2. lim x → a f(x) exists; 3. lim x → a f(x) = f(a).By using this definition, we can determine the set of x-values where the function is continuous.To determine where the function is continuous, we must first find the values of x that make the function undefined. The function will be undefined when the denominator equals zero, which is when x = 6. So, we cannot include the value of 6 in our interval notation to describe the set of x-values where the function is continuous.

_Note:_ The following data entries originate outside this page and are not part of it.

// Log and pages of a run: the records that it logs, and the pages that they change.
ghost use Rattle.std.specs.Prelude.{take, drop, ◌-◌};
ghost use Rattle.std.specs.Prelude.{Option, map, reverse, ◌≡◌, ◌⊎◌, ◌+◌, ◌*◌, ◌/◌, ◌%◌, ◌^◌, ◌<◌, ◌≤◌, ◌↔◌, ◌++◌, []};
ghost use Rattle.std.specs.Prelude.{◌∷◌, List, length, IfOk, OnOk, IfErr, IsErrOf, IsTrue, ℕ};
ghost use Rattle.site.specs.declared.outside.Dev.{Dev};
ghost use Rattle.site.specs.declared.outside.Stop.{Stop};
ghost use Rattle.site.specs.State.{State};
ghost use Rattle.record_model.specs.State.{Content, Write};
ghost use Rattle.log_records.specs.declared.log_record.LogRecord.{LogRecord};
ghost use Rattle.log_records.specs.Log.{Entry, entries_of, updates_in};
ghost use Rattle.log_records.specs.Spelling.{IsShort};
ghost use Rattle.log_records.specs.Unfinished as unfinished;
ghost use Rattle.log_records.specs.Unfinished.{left_open};
ghost use Rattle.log_laws.specs.Follow.{IsActive};
ghost use Rattle.log_store.specs.Representation.{end_of};
ghost use Rattle.slotted_page.specs.Layout.{lsn_of};
ghost use Rattle.buffer_pool.specs.Frames.{front_of};
ghost use Rattle.page_store.specs.Representation.{IsStore};
ghost use Rattle.checkpoint.specs.declared.master.Master.{Master};
ghost use Rattle.image_meaning.specs.Meaning.{master_of};
ghost use Rattle.image_meaning.specs.Moments.{LeavesFor};
ghost use Rattle.redo_laws.specs.Holding.{blocks_to};
ghost use Rattle.redo_laws.specs.Running.{History};
ghost use Rattle.redo_laws.specs.Waiting.{LeavesSome};
ghost use Rattle.redo_undo.specs.Fitting.{FitsFront};
ghost use Rattle.redo_laws.specs.Holding as both;
ghost use Rattle.redo_undo.specs.Stores.{sizes_of, MayWork, MayLog, Holds, Represents, MayGrow, IsInFront, shown_in};
ghost use Rattle.redo_undo.specs.Stores.{update_by};
ghost use Rattle.redo_undo.specs.StoreRollback.{RollsBack, RollsBackOver, GoesBack, GoesBackOver};
ghost use Rattle.redo_undo.specs.StoreCalls.{KeepsInvariant, Keeps};
ghost use Rattle.redo_undo.specs.Mirroring.{PerformsStore, updates, undo_one_work, clrs_for};
ghost use Rattle.ring_machine.specs.Commands.{reads, begins};
ghost use Rattle.record_model.specs.Touches.{write_touch};
ghost use Rattle.redo_laws.specs.MachineSteps.{StepsMachine, one_touch};
ghost use Rattle.page_store.specs.Caching.{cache_of, rules, with_change};
ghost use Rattle.site.specs.Calls.{SameReads};
ghost use Rattle.page_store.specs.Caching.{next_group};
ghost use Rattle.page_store.specs.Staging.{Stages};

use crate::changing::slice_of;
use crate::logging::{log_change, log_record, touch};
use crate::undo::{undo_one, undo_to};
use log_records::LogRecord;
use log_store::LogStore;
use page_store::PageStore;
use record_model::Octets;
use sealed_ring::Ring;
use site::{Site, Stop};
use txn_table::Active;

/// The number of a page's slots.
const SLOTS: u32 = 32;

/// Log, pages and master units of a run, and how many of its records count: all that were made since those that a
/// checkpoint let go.
#[derive(Drop)]
pub struct TransactionStore {
    pub log: LogStore,
    pub pages: PageStore,
    pub masters: Ring,
    pub made: u64,
}

// The same value once more.
fn copy_of(content: &Option<Octets>) -> Option<Octets>
    ensures { result ≡ content.now }
{
    match content {
        None => None,
        Some(value) => match Octets::from_slice(value.as_slice()) {
            Some(copy) => Some(copy),
            None => unreachable!(),
        },
    }
}
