// A session's longer value stands behind a shorter one, and goes on standing where that is dropped.
const GONE_BACK: &[(Ask, Answer)] = &[
    (Ask::Begin(0), Answer::Done),
    (Ask::WriteTimes(0, 19, 0x5a, 152), Answer::Done),
    (Ask::Mark(0), Answer::Done),
    (Ask::Write(0, 19, 0xaa), Answer::Done),
    (Ask::Set(20, 0xbb), Answer::PageFull(0, 3953)),
    (Ask::Back(0), Answer::Back(1)),
    (Ask::Set(20, 0xbb), Answer::PageFull(0, 3953)),
    (Ask::BackTo(0, 0), Answer::Back(1)),
    (Ask::Set(20, 0xbb), Answer::Committed(20)),
    (Ask::Read(0, 19), Answer::Nothing),
    (Ask::WriteTimes(0, 19, 0x5a, 152), Answer::PageFull(0, 3953)),
    (Ask::WriteTimes(0, 19, 0x5a, 151), Answer::Done),
    (Ask::Commit(0), Answer::Committed(21)),
];

// The tests by their names, with the sizes of the devices.
const TESTS: [(&str, Geometry, &[(Ask, Answer)]); 11] = [
    (
        "a_pending_write_is_seen_by_its_session_alone",
        STANDARD,
        PENDING,
    ),
    ("read_locks_last_to_the_end", STANDARD, READ_LOCKS),
    ("an_erased_record_has_nothing", STANDARD, ERASED),
    ("what_may_not_be_is_refused", STANDARD, REFUSED),
    ("undoing_has_room", SMALL, UNDOING),
    ("what_is_behind_the_mark_is_dropped", STANDARD, MARKED),
    ("a_session_goes_back_to_a_number", STANDARD, BACK_TO),
    (
        "writes_that_are_dropped_are_owed_no_more",
        SMALL,
        BACK_TO_THE_BEGIN,
    ),
    ("a_checkpoint_lets_records_go", STANDARD, CHECKPOINTS),
    ("each_session_has_room_to_end", SMALL, EACH_SESSION),
    (
        "a_page_outside_the_pool_is_read_from_flash",
        STANDARD,
        OUTSIDE,
    ),
];

#[test]
fn replies_are_as_they_are_to_be(rt: HostRuntime) -> Result<(), Fail> {
    for (name, sizes, rows) in TESTS {
        let held = run(rt.alloc(), &sizes, rows)?;
        assert!(rt; held == rows.len(), "{name}: row {held}");
    }
    Ok(())
}

// Those of a page that is nearly full.
const NEARLY_FULL: [(&str, &[(Ask, Answer)]); 4] = [
    ("a_page_is_full_behind_its_last_octet", LAST_OCTET),
    ("what_may_come_back_wants_room", MAY_COME_BACK),
    ("an_abort_leaves_room", ABORTED),
    ("going_back_leaves_room", GONE_BACK),
];

// Fills the page, and plays rows. Answers how many of these got their replies, where it was filled.
fn run_filled(alloc: Global, rows: &[(Ask, Answer)]) -> Result<Option<usize>, Stop> {
    let mut site = MemSite::new(alloc, &STANDARD)?;
    let mut engine = start(alloc, &mut site, 1)?;
    if play(&mut engine, &mut site, FILL)? < FILL.len() {
        return Ok(None);
    }
    Ok(Some(play(&mut engine, &mut site, rows)?))
}

#[test]
fn full_pages_are_told(rt: HostRuntime) -> Result<(), Fail> {
    for (name, rows) in NEARLY_FULL {
        let held = run_filled(rt.alloc(), rows)?;
        assert!(rt; held == Some(rows.len()), "{name}: {held:?}");
    }
    Ok(())
}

Now, we need to determine if the function is continuous to the left and right of x = 6 using the definition of continuity. Let's consider the left side of x = 6. We need to find if the limit exists and if it equals f(6).lim x → 6- f(x) = lim x → 6- (14 /(x - 6)) - 5x = ∞Since the limit does not exist as x approaches 6 from the left, the function is not continuous to the left of x = 6.Let's consider the right side of x = 6. We need to find if the limit exists and if it equals f(6).lim x → 6+ f(x) = lim x → 6+ (14 /(x - 6)) - 5x = -∞Since the limit does not exist as x approaches 6 from the right, the function is not continuous to the right of x = 6.

Since the function is not continuous to the left or right of x = 6, we can describe the set of x-values where the function is continuous using interval notation. The set of x-values where the function is continuous is: (-∞, 6) U (6, ∞).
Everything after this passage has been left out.